Veterans Affairs West Los Angeles Healthcare Center
In continuous operation since 1888, the West Los Angeles Veterans Affairs (VA) Campus spans 400 acres and includes a rich, highly-intact collection of historic buildings and structures, as well as site plan elements, landscape features, and streetscapes.
The original land and funding for the West Los Angeles campus came from a number of influential sources in the West, including U.S. Senator John P. Jones (Nevada), Robert Baker, and Arcadia Bandini Stearns de Baker. They believed that the development of a community of veterans would contribute to the economic growth of the surrounding area.
Known as the Pacific Branch of the National Home of Disabled Volunteer Soldiers, the campus evolved throughout the late nineteenth and early twentieth centuries. Architect Stanford White was credited with designing the original Shingle style wood frame barracks, which influenced J. Lee Burton's designs for the Streetcar Depot (1890) and Wadsworth Chapel (1900).

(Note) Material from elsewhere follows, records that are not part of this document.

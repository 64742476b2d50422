//! What waits at a server.

use client::Place as Replica;
use memtable::{Key, Place};
use std::marker::Model;
use wire::{ActorId, Changes, ReqNo};

/// A transaction that waits to be appended, or is being appended.
pub struct WaitingTransaction {
    pub from: ActorId,
    pub request: ReqNo,
    pub changes: Changes,
}

// Written out, so that a crate above that lets one go has no proof of what is in it.
impl Drop for WaitingTransaction {
    fn drop(self) {
        let WaitingTransaction {
            from: _,
            request: _,
            changes: _,
        } = self;
    }
}

/// A read of an index, of a page or of a value: its number, the place, whether a page is wanted, and the replica that was asked
/// last.
#[derive(Clone, Copy)]
pub struct PlaceRead {
    pub request: ReqNo,
    pub place: Place,
    pub page: bool,
    pub replica: Replica,
}

/// Reads, in the order in which they were sent.
pub struct PlaceReads {
    pub items: Vec<PlaceRead>,
}

// Written out, so that a crate above that lets one go has no proof of what is in it.
impl Drop for PlaceReads {
    fn drop(self) {
        let PlaceReads { items: _ } = self;
    }
}

impl Model for PlaceReads {
    ghost use Rattle.std.specs.Prelude.{List};
    ghost use Rattle.model_partition.specs.declared.waiting.PlaceRead.{PlaceRead};

    ghost Value = { List PlaceRead };

    ghost view = { λ list. list.items.items };
}

/// A Get that waits for the bytes of a page or of a value.
#[derive(Drop)]
pub struct WaitingGet {
    pub from: ActorId,
    pub request: ReqNo,
    pub key: Key,
    pub reads: PlaceReads,
}
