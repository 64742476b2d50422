//! What a range takes while a split or a merge of it is under way.
ghost use Rattle.std.specs.Prelude.{◌≡◌};
ghost use Rattle.model_partition.specs.Range as specs;

/// Whether a range takes what users ask. One that is split or merged takes nothing more from a moment on, so that its streams
/// come to an end.
#[derive(Clone, Copy, PartialEq, Eq)]
pub enum Pause {
    /// It takes transactions and Gets.
    Off,
    /// It takes Gets alone, until the transactions that wait have all been appended.
    AfterQueue,
    /// It takes nothing.
    On,
}

impl Pause {
    /// Whether transactions are refused (34).
    pub fn takes_no_transaction(&self) -> bool
        ensures { result ≡ specs.takes_no_transaction self.now }
    {
        match self {
            Pause::Off => false,
            Pause::AfterQueue => true,
            Pause::On => true,
        }
    }

    /// Whether Gets are refused too (34), and no checkpoint or split begins.
    pub fn is_paused(&self) -> bool
        ensures { result ≡ specs.is_paused self.now }
    {
        match self {
            Pause::Off => false,
            Pause::AfterQueue => false,
            Pause::On => true,
        }
    }
}
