//! How far a range is at its server.
use wire::StreamKind;

/// What is under way with a range. A load goes through its stages in this order, the metadata before the log.
#[derive(Clone, Copy, PartialEq, Eq)]
pub enum Stage {
    /// The four streams are asked for.
    Opening,
    /// The length of this stream's last extent is being checked, or that extent is being sealed.
    Checking { kind: StreamKind },
    /// The extent at this position of the stream, from 0, is being read.
    Reading { kind: StreamKind, position: u64 },
    /// The index at this position is being read, from 0 for the oldest.
    Indexing { position: u64 },
    /// All is read, and the manager is asked whether the generation is still the fence.
    Confirming,
    /// Transactions are taken.
    Serving,
}
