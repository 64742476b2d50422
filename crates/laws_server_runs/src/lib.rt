//! What servers do over any streams: where the stories that they see of a range's metadata and log keep their order, and no split makes the
//! range, what they load replays, and the tables of a range that is served are those of the line that ends at its log position.
//!
//! This crate has no code, and touches nothing. Its lemmas are about the rules of servers alone (`model_partition`): no number of a
//! request, no fence, no node and no machine of a stream occurs in them. What all servers do to the tables of a range is a run of
//! the law of chains (`laws_tables`), and what one of them holds while it serves is what the run says that its generation holds.
//! That, and what a range has read while it loads, stands in specs/; the lemmas follow each rule (`Loads`, `Confirms`,
//! `ServedForms`, `ServedStands`), what its split does behind it (`SplitMore`, `SplitTurns`), then one server beside the others, and then a
//! list of events, over which the range is none of the two of a split (`Apart`) and no merge begins (`Unmerged`). `laws` states the
//! clauses.
//! What is said of the tables of a range is said within the keys that its metadata names; a range that no split made has all (`KeptKeys`).
//! A range whose streams were built of another's takes what that one's run was then (`ChildTheorem`), while nothing is out there nor formed
//! since (`ClosedRanges`, `FormedGroups`). Where each range of which anything is told is the first one, or such a one whose split waited
//! for its end, and the map says so, all that is told replays (`FamilyMembers`, `CompletedSplits`, `SplitsReplay`).
//! Gets wait only at ranges that are served, and their keys are the range's (`GetsServed`); each that is answered shows the table of the line that
//! its generation has come to, while the lease lasts and nothing has paused the range (`AnsweredGets`). What is kept of a range that is served
//! at a moment goes on from there (`ServedMoments`), and all that is told of it comes under generations that it was loaded under (`FamilyLoads`);
//! a split that waited for its end has closed its range since (`ClosedSplits`). So a Get that was answered while nothing newer was told is what the
//! law of families wants of it (`FamilyReads`).
//! What each step of a checkpoint leaves is proved beside them (`CheckpointSteps`, `CheckpointKept`), also while one that combines merges
//! the older pages (`CheckpointMerges`), those that the range's cache holds among them (`HeldBytes`). Numbers are any here, where a
//! server has those of 64 and of 32 bits: the rules test those of a checkpoint, and the end of a log that is served.
#![tactic(auto)]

Following the end of World War I, the medical facilities expanded significantly, and many of the Colonial Revival buildings were constructed during this period. A subsequent wave of development occurred after the establishment of the Veterans Administration in 1930; this building campaign was characterized by the proliferation of the Mission and Spanish Colonial Revival styles. Notable examples from this era are the Wadsworth Theatre (1940) and Building 209 (1945), now known as the Homeless Veterans Transitional Housing.

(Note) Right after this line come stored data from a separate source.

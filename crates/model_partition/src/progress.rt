//! What comes of an answer.
ghost use Rattle.std.specs.Prelude.{◌<◌};

use crate::table_note::TableNote;
use streams::Position;
use wire::Packet;

/// What an answer leaves of a range that is loaded.
#[derive(Drop)]
pub enum Progress {
    /// Nothing has changed, and no number was used.
    Rests,
    /// The number of the next request was used, and this is sent.
    Goes(Option<Packet>),
    /// The range cannot be served, and what is known of it is of no use any more.
    Dropped,
    /// The range is served.
    Serves(Service),
}

/// What a range begins to serve with: the number of its next transaction, from 1, the end of what was read of its log, and
/// what is shown of it.
#[derive(Drop)]
pub struct Service {
    pub next: u64,
    pub position: Position,
    pub note: TableNote,
    ghost numbered: { 0 < next },
}
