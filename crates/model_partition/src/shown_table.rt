//! What a loaded table shows.

use bytes::Bytes;
use checkpoint::InstalledIndexes;
use memtable::{Cell, Cells};
use metadata::KeyRange;
use std::marker::Model;

/// Keys, each with what a row keeps of its value, in order of the keys.
pub struct Entries {
    pub items: Vec<(Bytes, Cell)>,
}

// Written out, so that a crate above that lets one go has no proof of what is in it.
impl Drop for Entries {
    fn drop(self) {
        let Entries { items: _ } = self;
    }
}

impl Model for Entries {
    ghost use Rattle.std.specs.Prelude.{ℕ, List};
    ghost use Rattle.memtable.specs.declared.cell.Cell.{Cell};

    ghost Value = { List (List ℕ × Cell) };

    ghost view = { λ list. list.items.items };
}

/// What a loaded table shows: the memory table's entries, the indexes below it (the newest first), and the keys of the range.
pub struct ShownTable {
    pub live: Entries,
    /// The newest first.
    pub indexes: InstalledIndexes,
    pub keys: KeyRange,
}

// Written out, so that a crate above that lets one go has no proof of what is in it.
impl Drop for ShownTable {
    fn drop(self) {
        let ShownTable {
            live: _,
            indexes: _,
            keys: _,
        } = self;
    }
}

/// The same as a range has it, before it is shown.
#[derive(Drop)]
pub struct TableView<'a> {
    pub live: &'a Cells,
    /// The newest first.
    pub indexes: &'a InstalledIndexes,
    pub keys: &'a KeyRange,
}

In addition to its historic facilities, the campus is known for its open spaces, landscaping, and system of roadways anchored by Wilshire Boulevard.
Today, the campus includes the West Los Angeles VA Historic District, which was listed on the National Register of Historic Places in 2014. The Streetcar Depot and Wadsworth Chapel are also individually designated at the national level.
The rehabilitation of Buildng 209/Homeless Veterans Transitional Housing earned a Conservancy Preservation Award in 2016.
Congress first established the National Asylum for Disabled Volunteer Soldiers - later renamed the National Home for Disabled Volunteer Soldiers - in 1865, following the end of the Civil War.
By the 1880s, the need for a campus on the West Coast had emerged, and the Pacific branch of the National Home opened in Los Angeles in 1888. Within a year, the site contained a hospital, barracks, mess hall, and cemetery.
Ultimately, eleven branches operated around the country before they were absorbed into the newly-formed Veterans Administration in 1930.
The West Los Angeles VA Historic District was listed on the National Register of Historic Places in 2014 for its contributions to the "development of a national policy for Veteran health care" and as a "tangible manifestation of the federal government's commitment to the health care of Veterans of World War I, which resulted in the nation's largest network of hospitals."
The district also contains excellent examples of Mission Revival and Colonial Revival architecture, reflective of national building trends during the 1920s and 1930s, as well as efforts to evoke the region's history.